***** Study material *****

/// Two files: the log stops after that many calls, and the database after that many.
#[derive(Clone, Copy)]
pub struct Stop {
    pub way: Way,
    pub log_calls: u64,
    pub db_calls: u64,
    pub left_of_log: Left,
    pub left_of_db: Left,
}

/// What the mail was answered until the stop.
#[derive(Clone, Copy)]
struct Answers {
    /// The letters that were answered held.
    held: [bool; 7],
    /// The letters whose delivery met the stop, if it wasn't a settle: all of them may be kept, or none.
    in_hand: [bool; 7],
    /// The runs that a settle said were finished.
    finished: u32,
    /// Each answer was the one that is due.
    all_due: bool,
    /// An answer was neither the one that is due nor that the store failed or memory ran out.
    wrong: bool,
}

/// Nothing was answered.
const NOTHING: Answers = Answers {
    held: [false; 7],
    in_hand: [false; 7],
    finished: 0,
    all_due: true,
    wrong: false,
};

/// All letters are kept, and both runs are finished.
const ALL_KEPT: Answers = Answers {
    held: [true; 7],
    finished: 2,
    ..NOTHING
};

/// What was answered before anything is done in this way.
fn begun(way: Way) -> Answers {
    match way {
        Way::Letters | Way::Bag => NOTHING,
        Way::OldStore => ALL_KEPT,
    }
}

/// Says of the letter at a place that it is one of these.
fn mark(letters: &mut [bool; 7], place: usize) {
    if let Some(flag) = letters.get_mut(place) {
        *flag = true;
    }
}

/// How many runs are ready once that many of the letters are kept in their order.
fn runs_after(letters: usize) -> u32 {
    match letters {
        0..=2 => 0,
        3..=6 => 1,
        _ => 2,
    }
}

/// Settles after a letter, when that many were held, and notes the answer.
fn settle_and_note<K: Keeper>(office: &mut Office<K>, held: usize, answers: &mut Answers) {
    let runs = runs_after(held);
    let settled = Progress {
        ready: runs,
        finished: runs,
    };
    match office.settle() {
        Ok(progress) => {
            if progress != settled {
                answers.wrong = true;
            }
            answers.finished = progress.finished;
        }
        Err(_) => answers.all_due = false,
    }
}

/// Notes the answer to the delivery of the letter at a place, and whether it is held.
fn note(place: usize, told: Result<Held, DeliverFault>, answers: &mut Answers) -> bool {
    match told {
        Ok(held) => {
            let is_due = LETTERS.get(place).is_some_and(|letter| letter.sender == held.sender
                && letter.number == held.number);
            if !is_due {
                answers.wrong = true;
            }
            mark(&mut answers.held, place);
            true
        }
        Err(DeliverFault::Store) | Err(DeliverFault::Mail(MailFault::NoMemory)) => {
            if answers.all_due {
                mark(&mut answers.in_hand, place);
            }
            answers.all_due = false;
            false
        }
        Err(_) => {
            answers.wrong = true;
            false
        }
    }
}

/// Delivers each letter, settles after it, and notes the answer.
fn deliver_all<K: Keeper>(office: &mut Office<K>) -> Answers {
    let mut answers = NOTHING;
    let mut count = 0usize;
    for (place, letter) in LETTERS.iter().enumerate() {
        let told = office.deliver(letter.text.as_bytes());
        if note(place, told, &mut answers) {
            count = count.saturating_add(1);
            settle_and_note(office, count, &mut answers);
        }
    }
    answers
}

/// What a replay of all letters prints, and its status.
fn printed<K: Keeper>(alloc: Global, office: &mut Office<K>) -> Result<(Vec<u8>, u8), NoMemory> {
    let bag = bag_of(alloc, first_letters(7))?;
    replayed(alloc, office, &bag)
}

/// Replays all letters as one bag, and notes what its lines say.
fn replay_all<K: Keeper>(alloc: Global, office: &mut Office<K>) -> Answers {
    match printed(alloc, office) {
        Ok((output, status)) => told_by(&output, status),
        Err(_) => unopened(Way::Bag),
    }
}

/// What the lines of a replay of all letters say that ended with this status.
fn told_by(output: &[u8], status: u8) -> Answers {
    let mut answers = NOTHING;
    let mut rest = output;
    for (place, letter) in LETTERS.iter().enumerate() {
        if let Some(later) = rest.strip_prefix(letter.reply.as_bytes()) {
            rest = later;
            mark(&mut answers.held, place);
        } else if let Some(later) = without_refusal(rest) {
            rest = later;
            mark(&mut answers.in_hand, place);
        } else {
            answers.wrong = true;
        }
    }
    let settled = rest.starts_with(b"ready 2 finished 2\n");
    answers.finished = if settled { 2 } else { 0 };
    answers.all_due = status == 0;
    if status == 0 && !(settled && rest.ends_with(TESTING[2].as_bytes())) {
        answers.wrong = true;
    }
    answers
}

/// Whether the letter at a place is one of these.
fn has(letters: &[bool; 7], place: usize) -> bool {
    letters.get(place).copied().unwrap_or(false)
}

/// Whether a store keeps the letters answered as held, and no others but those in hand, all or none of them.
fn keeps_what_was_held<K: Keeper>(keeper: &mut K, answers: &Answers) -> bool {
    let mut all = true;
    let mut kept = 0usize;
    let mut lost = 0usize;
    for (place, letter) in LETTERS.iter().enumerate() {
        let held = has(&answers.held, place);
        let in_hand = has(&answers.in_hand, place);
        let is_right = match keeper.find(letter.sender, letter.number) {
            Ok(Some(text)) => {
                kept = kept.saturating_add(if in_hand { 1 } else { 0 });
                (held || in_hand) && text.as_slice() == letter.text.as_bytes()
            }
            Ok(None) => {
                lost = lost.saturating_add(if in_hand { 1 } else { 0 });
                !held
            }
            Err(_) => false,
        };
        all = all && is_right;
    }
    all && (kept == 0 || lost == 0)
}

*****

When a line of the records holds the word "ready", copy that line.

/// How many runs are ready once that many of the letters are kept in their order.
        ready: runs,
    let settled = rest.starts_with(b"ready 2 finished 2\n");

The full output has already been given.